Nvidia announced it will keep Arm’s headquarters in the UK and will invest in a new facility there to push forward AI research, educate customers and provide a place for experimentation in robotics and automation. Huang said that commitment demonstrates how the acquisition will add to the UK’s technology footprint rather than detracting from it.
SoftBank’s sale of Arm unwinds another strategic investment in favour of boosting liquidity and enabling founder Masayoshi Son to focus on the more tactical investing he has said he wants to pursue.
Nvidia’s Huang runs a company that’s captured the attention of investors like few others in the past decade. Like Son, he’s a charismatic leader espousing a long-term vision of where technology is headed. The Taiwan-born entrepreneur is more engineering-focused than his Japanese counterpart, though, and often publically delves into the minutiae of semiconductor and computer science.

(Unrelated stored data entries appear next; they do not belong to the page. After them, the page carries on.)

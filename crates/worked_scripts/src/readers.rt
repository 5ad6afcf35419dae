// What texts are read as, worked out by hand.
use cat_read::{CatRefused, read_catalog};
use proc_lang::{Path, PathPart};
use std::alloc::{AllocError, Global};
use std::test::Fail;

/// Whole texts and what they are read as.
const TEXTS: [(&str, &str); 36] = [
    (r#"{"tables":[],"procs":[]}"#, "catalogue"),
    (r#"{"tables":[],"procs":7,"procs":[]}"#, "catalogue"),
    (
        r#"{"procs":[{"name":"who","args":["text","list5"],"regs":[],"body":[["put","who",[["arg",0]],[7]]]}],"tables":[{"cols":["int"],"key":["text"],"name":"who"}]}"#,
        "catalogue",
    ),
    ("", "json"),
    ("{", "json"),
    (r#"{"tables":[],"procs":[]} 1"#, "json"),
    (r#""\ud800""#, "json"),
    ("[]", "shape /"),
    (r#"{"tables":[]}"#, "shape /"),
    (r#"{"tables":[],"procs":[],"x":1}"#, "shape /"),
    (r#"{"tables":{},"procs":[]}"#, "shape /tables"),
    (r#"{"tables":[],"procs":7}"#, "shape /procs"),
    (r#"{"tables":[7],"procs":7}"#, "shape /tables/0"),
    (
        r#"{"tables":[{"name":"a","key":["int"]}],"procs":[]}"#,
        "shape /tables/0",
    ),
    (
        r#"{"tables":[{"name":"a","key":["int"],"cols":[],"x":0}],"procs":[]}"#,
        "shape /tables/0",
    ),
    (
        r#"{"tables":[{"name":"A","key":[],"cols":7}],"procs":[]}"#,
        "shape /tables/0/name",
    ),
    (
        r#"{"tables":[{"name":"sixteen_letters1","key":0,"cols":[]}],"procs":[]}"#,
        "shape /tables/0/key",
    ),
    (
        r#"{"tables":[{"name":"seventeen_letters","key":0,"cols":[]}],"procs":[]}"#,
        "shape /tables/0/name",
    ),
    (
        r#"{"tables":[{"name":"a","key":["int"],"cols":[]},{"name":"a","key":[],"cols":[]}],"procs":[]}"#,
        "shape /tables/1/name",
    ),
    (
        r#"{"tables":[{"name":"a","key":[],"cols":7}],"procs":[]}"#,
        "shape /tables/0/key",
    ),
    (
        r#"{"tables":[{"name":"a","key":["int","list1"],"cols":[]}],"procs":[]}"#,
        "shape /tables/0/key/1",
    ),
    (
        r#"{"tables":[{"name":"a","key":["int"],"cols":null}],"procs":[]}"#,
        "shape /tables/0/cols",
    ),
    (
        r#"{"tables":[{"name":"a","key":["int"],"cols":["text",1]}],"procs":[]}"#,
        "shape /tables/0/cols/1",
    ),
    (r#"{"tables":[],"procs":[{}]}"#, "shape /procs/0"),
    (
        r#"{"tables":[],"procs":[{"name":"p","args":[],"regs":[],"body":[],"x":0}]}"#,
        "shape /procs/0",
    ),
    (
        r#"{"tables":[],"procs":[{"name":7,"args":7,"regs":[],"body":[]}]}"#,
        "shape /procs/0/name",
    ),
    (
        r#"{"tables":[],"procs":[{"name":"p","args":"int","regs":7,"body":[]}]}"#,
        "shape /procs/0/args",
    ),
    (
        r#"{"tables":[],"procs":[{"name":"p","args":["list6"],"regs":7,"body":[]}]}"#,
        "shape /procs/0/args/0",
    ),
    (
        r#"{"tables":[],"procs":[{"name":"p","args":[],"regs":{},"body":7}]}"#,
        "shape /procs/0/regs",
    ),
    (
        r#"{"tables":[],"procs":[{"name":"p","args":[],"regs":["int","list1"],"body":7}]}"#,
        "shape /procs/0/regs/1",
    ),
    (
        r#"{"tables":[],"procs":[{"name":"p","args":[],"regs":[],"body":{}}]}"#,
        "shape /procs/0/body",
    ),
    (
        r#"{"tables":[],"procs":[{"name":"p","args":[],"regs":[],"body":[]},{"name":"p","args":[],"regs":[],"body":[]}]}"#,
        "shape /procs/1/name",
    ),
    (
        r#"{"tables":[],"procs":[{"name":"p","args":[],"regs":[],"body":[["del","t",[]]]},7]}"#,
        "shape /procs/1",
    ),
    (
        r#"{"tables":[],"procs":[{"name":"p","args":[],"regs":["int"],"body":[["give",["reg",0]]]}]}"#,
        "wrong 0 0 5",
    ),
    (
        r#"{"tables":[],"procs":[{"name":"p","args":[],"regs":[],"body":[]},{"name":"q","args":[],"regs":[],"body":[["give",1],["del","t",[]]]}]}"#,
        "wrong 1 1 1",
    ),
    (
        r#"{"tables":[],"procs":[{"name":"p","args":[],"regs":[],"body":[["give",["arg",0]]]},{"name":"q","args":[],"regs":[],"body":[["del","t",[]]]}]}"#,
        "wrong 0 0 6",
    ),
];

/// What stands before and behind the body of the one procedure of a catalogue with the table `t`.
const FRONT: &str =
    r#"{"tables":[{"name":"t","key":["int"],"cols":["int"]}],"procs":[{"name":"p","args":["int"],"regs":["int"],"body":"#;

const BACK: &str = "}]}";

/// Bodies and what the catalogue is read as.
const BODIES: [(&str, &str); 56] = [
    ("[7]", "shape /procs/0/body/0"),
    ("[[]]", "shape /procs/0/body/0"),
    (r#"[["give"]]"#, "shape /procs/0/body/0"),
    (r#"[["give",null,2]]"#, "shape /procs/0/body/0"),
    (r#"[["gave",1]]"#, "shape /procs/0/body/0"),
    (r#"[["give",1],["give",null]]"#, "shape /procs/0/body/1/1"),
    (r#"[["give",1.0]]"#, "shape /procs/0/body/0/1"),
    (r#"[["give",-0]]"#, "shape /procs/0/body/0/1"),
    (r#"[["give",1e2]]"#, "shape /procs/0/body/0/1"),
    (
        r#"[["give",9223372036854775808]]"#,
        "shape /procs/0/body/0/1",
    ),
    (
        r#"[["give",18446744073709551616]]"#,
        "shape /procs/0/body/0/1",
    ),
    (
        r#"[["give",-9223372036854775809]]"#,
        "shape /procs/0/body/0/1",
    ),
    (r#"[["give","\u0007"]]"#, "shape /procs/0/body/0/1"),
    (r#"[["give",["add",null]]]"#, "shape /procs/0/body/0/1"),
    (r#"[["give",["add",1,true]]]"#, "shape /procs/0/body/0/1/2"),
    (
        r#"[["give",["muldiv",1,2,[3]]]]"#,
        "shape /procs/0/body/0/1/3",
    ),
    (
        r#"[["give",["not",["eq",["show",{}],["lt",[],2]]]]]"#,
        "shape /procs/0/body/0/1/1/1/1",
    ),
    (r#"[["give",["me",1]]]"#, "shape /procs/0/body/0/1"),
    (
        r#"[["give",["reg",4294967296]]]"#,
        "shape /procs/0/body/0/1",
    ),
    (r#"[["give",["item","0"]]]"#, "shape /procs/0/body/0/1"),
    (
        r#"[["give",["front","a",{},501]]]"#,
        "shape /procs/0/body/0/1/2",
    ),
    (
        r#"[["give",["front","a","b",501]]]"#,
        "shape /procs/0/body/0/1",
    ),
    (r#"[["fail",1000]]"#, "shape /procs/0/body/0"),
    (r#"[["fail",0]]"#, "shape /procs/0/body/0"),
    (r#"[["let",-1,null]]"#, "shape /procs/0/body/0"),
    (r#"[["let",0,["neg",1]]]"#, "shape /procs/0/body/0/2"),
    (r#"[["get",1,[null],[0]]]"#, "shape /procs/0/body/0"),
    (r#"[["get","t",1,[0]]]"#, "shape /procs/0/body/0"),
    (r#"[["get","t",[1,null],0]]"#, "shape /procs/0/body/0/2/1"),
    (r#"[["get","t",[1],0]]"#, "shape /procs/0/body/0"),
    (r#"[["get","t",[1],["0"]]]"#, "shape /procs/0/body/0"),
    (r#"[["need","t",[1],[0],1000]]"#, "shape /procs/0/body/0"),
    (r#"[["find","t",[1],[0]]]"#, "shape /procs/0/body/0"),
    (r#"[["find","t",[1],[0],"0"]]"#, "shape /procs/0/body/0"),
    (r#"[["put","t",[1],7]]"#, "shape /procs/0/body/0"),
    (r#"[["put","t",[1],[[]]]]"#, "shape /procs/0/body/0/3/0"),
    (
        r#"[["del","t",[["cat","a",{}]]]]"#,
        "shape /procs/0/body/0/2/0/2",
    ),
    (r#"[["if",{},[7],[]]]"#, "shape /procs/0/body/0/1"),
    (r#"[["if",1,[7],0]]"#, "shape /procs/0/body/0/2/0"),
    (r#"[["if",1,[],0]]"#, "shape /procs/0/body/0"),
    (r#"[["if",1,[],[["give"]]]]"#, "shape /procs/0/body/0/3/0"),
    (r#"[["each",-1,[7]]]"#, "shape /procs/0/body/0"),
    (r#"[["each",0,null]]"#, "shape /procs/0/body/0"),
    (
        r#"[["each",0,[["give",1],["x"]]]]"#,
        "shape /procs/0/body/0/2/1",
    ),
    (r#"[["del","no word",[1]]]"#, "wrong 0 0 1"),
    (r#"[["del","t",[]]]"#, "wrong 0 0 2"),
    (r#"[["put","t",[1],[]]]"#, "wrong 0 0 3"),
    (r#"[["give",["add",1,"a"]]]"#, "wrong 0 0 4"),
    (r#"[["give",["reg",0]]]"#, "wrong 0 0 5"),
    (r#"[["give",["reg",4294967295]]]"#, "wrong 0 0 5"),
    (r#"[["give",["arg",1]]]"#, "wrong 0 0 6"),
    (
        r#"[["if",1,[["if",1,[["if",1,[["if",1,[["if",1,[],[]]],[]]],[]]],[]]],[]]]"#,
        "wrong 0 4 7",
    ),
    (
        r#"[["if",1,[["give",1]],[["let",0,"a"]]],["del","u",[1]]]"#,
        "wrong 0 2 4",
    ),
    (
        r#"[["get","t",[["arg",0]],[0]],["give",["reg",0]]]"#,
        "catalogue",
    ),
    (
        r#"[["give",-9223372036854775808],["give",9223372036854775807]]"#,
        "catalogue",
    ),
    (r#"[["need","t",[1],[0],999],["fail",1]]"#, "catalogue"),
];

/// What stands before and behind the items of an array, how many there may be, and its place.
const LIMITS: [(&str, usize, &str, &str); 6] = [
    (r#"{"tables":["#, 256, r#"],"procs":[]}"#, "/tables"),
    (
        r#"{"tables":[{"name":"t","key":["#,
        5,
        r#"],"cols":[]}],"procs":[]}"#,
        "/tables/0/key",
    ),
    (
        r#"{"tables":[{"name":"t","key":["int"],"cols":["#,
        16,
        r#"]}],"procs":[]}"#,
        "/tables/0/cols",
    ),
    (r#"{"tables":[],"procs":["#, 256, "]}", "/procs"),
    (
        r#"{"tables":[],"procs":[{"name":"p","args":["#,
        16,
        r#"],"regs":[],"body":[]}]}"#,
        "/procs/0/args",
    ),
    (
        r#"{"tables":[],"procs":[{"name":"p","args":[],"regs":["#,
        64,
        r#"],"body":[]}]}"#,
        "/procs/0/regs",
    ),
];

/// A text that is long or deep: `head`, so many times `open`, `middle`, as many times `close`, `tail`;
/// and what it is read as.
struct Long {
    head: &'static str,
    open: &'static str,
    count: usize,
    middle: &'static str,
    close: &'static str,
    tail: &'static str,
    wanted: &'static str,
}

/// Nested arrays, digits, statements up to the most, expressions down to the deepest, and texts.
const LONGS: [Long; 14] = [
    Long {
        head: "",
        open: "[",
        count: 1_048_576,
        middle: "",
        close: "",
        tail: "",
        wanted: "json",
    },
    Long {
        head: "",
        open: "[",
        count: 300,
        middle: "",
        close: "]",
        tail: "",
        wanted: "json",
    },
    Long {
        head: "",
        open: "[",
        count: 128,
        middle: "",
        close: "]",
        tail: "",
        wanted: "json",
    },
    Long {
        head: "",
        open: "[",
        count: 127,
        middle: "",
        close: "]",
        tail: "",
        wanted: "shape /",
    },
    Long {
        head: "",
        open: "9",
        count: 1000,
        middle: "",
        close: "",
        tail: "",
        wanted: "json",
    },
    Long {
        head: "0.",
        open: "9",
        count: 1000,
        middle: "",
        close: "",
        tail: "",
        wanted: "shape /",
    },
    Long {
        head: r#"{"tables":[],"procs":[{"name":"p","args":[],"regs":[],"body":["#,
        open: r#"["fail",1],"#,
        count: 999,
        middle: r#"["fail",1]"#,
        close: "",
        tail: "]}]}",
        wanted: "catalogue",
    },
    Long {
        head: r#"{"tables":[],"procs":[{"name":"p","args":[],"regs":[],"body":["#,
        open: r#"["fail",1],"#,
        count: 999,
        middle: "7",
        close: "",
        tail: "]}]}",
        wanted: "shape /procs/0/body/999",
    },
    Long {
        head: r#"{"tables":[],"procs":[{"name":"p","args":[],"regs":[],"body":["#,
        open: r#"["fail",1],"#,
        count: 1000,
        middle: r#"["fail",1]"#,
        close: "",
        tail: "]}]}",
        wanted: "shape /procs/0/body",
    },
    Long {
        head: r#"{"tables":[],"procs":[{"name":"p","args":[],"regs":[],"body":[["if",1,[],["#,
        open: r#"["fail",1],"#,
        count: 999,
        middle: r#"["fail",1]"#,
        close: "",
        tail: "]]]}]}",
        wanted: "shape /procs/0/body",
    },
    Long {
        head: r#"{"tables":[],"procs":[{"name":"p","args":[],"regs":[],"body":[["give","#,
        open: r#"["not","#,
        count: 15,
        middle: "1",
        close: "]",
        tail: "]]}]}",
        wanted: "catalogue",
    },
    Long {
        head: r#"{"tables":[],"procs":[{"name":"p","args":[],"regs":[],"body":[["give","#,
        open: r#"["not","#,
        count: 16,
        middle: "1",
        close: "]",
        tail: "]]}]}",
        wanted: "shape /procs/0/body/0/1/1/1/1/1/1/1/1/1/1/1/1/1/1/1/1/1",
    },
    Long {
        head: r#"{"tables":[],"procs":[{"name":"p","args":[],"regs":[],"body":[["give",""#,
        open: "a",
        count: 500,
        middle: "",
        close: "",
        tail: r#""]]}]}"#,
        wanted: "catalogue",
    },
    Long {
        head: r#"{"tables":[],"procs":[{"name":"p","args":[],"regs":[],"body":[["give",""#,
        open: "a",
        count: 501,
        middle: "",
        close: "",
        tail: r#""]]}]}"#,
        wanted: "shape /procs/0/body/0/1",
    },
];

/// The path in print.
fn printed(alloc: Global, path: &Path) -> Result<String, AllocError> {
    let mut text = String::new(alloc);
    if path.as_slice().is_empty() {
        text.push_str("/")?;
    }
    for part in path.as_slice() {
        match part {
            PathPart::Member(name) => {
                text.push_str("/")?;
                text.push_str(str::from_utf8(name.as_slice()).unwrap_or("?"))?;
            }
            PathPart::Place(place) => write!(text, "/{place}")?,
        }
    }
    Ok(text)
}

/// What the text is read as, in words.
fn answer(alloc: Global, text: &str) -> Result<String, AllocError> {
    match read_catalog(alloc, text.as_bytes()) {
        Ok(_) => String::from_str(alloc, "catalogue"),
        Err(CatRefused::Memory) => String::from_str(alloc, "memory"),
        Err(CatRefused::NotJson) => String::from_str(alloc, "json"),
        Err(CatRefused::Shape(path)) => {
            let path = printed(alloc, &path)?;
            format!(in alloc; "shape {path}")
        }
        Err(CatRefused::Wrong(wrong)) => {
            let (proc, place, cause) = (wrong.proc, wrong.place, wrong.cause);
            format!(in alloc; "wrong {proc} {place} {cause}")
        }
    }
}

/// The text, so often.
fn repeated(alloc: Global, text: &str, count: usize) -> Result<String, AllocError> {
    let mut all = String::new(alloc);
    for _ in 0..count {
        all.push_str(text)?;
    }
    Ok(all)
}

/// The text that the row says.
fn spelled(alloc: Global, long: &Long) -> Result<String, AllocError> {
    let Long {
        head,
        middle,
        tail,
        ..
    } = long;
    let open = repeated(alloc, long.open, long.count)?;
    let close = repeated(alloc, long.close, long.count)?;
    format!(in alloc; "{head}{open}{middle}{close}{tail}")
}

#[test]
fn texts_are_read(rt: HostRuntime) -> Result<(), Fail> {
    for (text, wanted) in &TEXTS {
        let found = answer(rt.alloc(), text)?;
        assert_eq!(rt; found.as_str(), *wanted, "{text}");
    }
    assert!(rt; matches!(read_catalog(rt.alloc(), &[0xff]), Err(CatRefused::NotJson)));
    Ok(())
}

#[test]
fn bodies_are_read(rt: HostRuntime) -> Result<(), Fail> {
    for (body, wanted) in &BODIES {
        let text = format!(in rt.alloc(); "{FRONT}{body}{BACK}")?;
        let found = answer(rt.alloc(), &text)?;
        assert_eq!(rt; found.as_str(), *wanted, "{body}");
    }
    Ok(())
}

/// What a text with so many items behind the first is read as.
fn counted(alloc: Global, head: &str, count: usize, tail: &str) -> Result<String, AllocError> {
    let items = repeated(alloc, ",0", count)?;
    answer(alloc, format!(in alloc; "{head}0{items}{tail}")?.as_str())
}

#[test]
fn items_are_counted_first(rt: HostRuntime) -> Result<(), Fail> {
    for (head, most, tail, place) in &LIMITS {
        let within = counted(rt.alloc(), head, most.saturating_sub(1), tail)?;
        assert_eq!(rt; within, format!(in rt.alloc(); "shape {place}/0")?);
        let beyond = counted(rt.alloc(), head, *most, tail)?;
        assert_eq!(rt; beyond, format!(in rt.alloc(); "shape {place}")?);
    }
    Ok(())
}

#[test]
fn long_texts_are_read(rt: HostRuntime) -> Result<(), Fail> {
    for (at, long) in LONGS.iter().enumerate() {
        let found = answer(rt.alloc(), spelled(rt.alloc(), long)?.as_str())?;
        assert_eq!(rt; found.as_str(), long.wanted, "row {at}");
    }
    Ok(())
}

His latest successful recasting of Nvidia’s technology involves the processing of AI work done in data centres. The company’s chips are among the best at breaking up the manipulation of data into small pieces and then executing that in parallel at high speed.
Huang will also get a large footprint in the mobile industry and smartphones. A previous attempt by Nvidia to break Qualcomm’s dominance of that business failed. The biggest rival to Qualcomm in smartphone processors is Apple’s internal effort. Those two companies are among Arm’s biggest customers.
Even without a presence in mobile, Nvidia’s value has soared in the past decade. The stock, which ended 2010 at US$15.42 a share, closed Friday at US$486.58. That’s given it a market value of just over US$300 billion, almost US$100 billion more than Intel, the world’s largest chipmaker with seven times the revenue of Nvidia.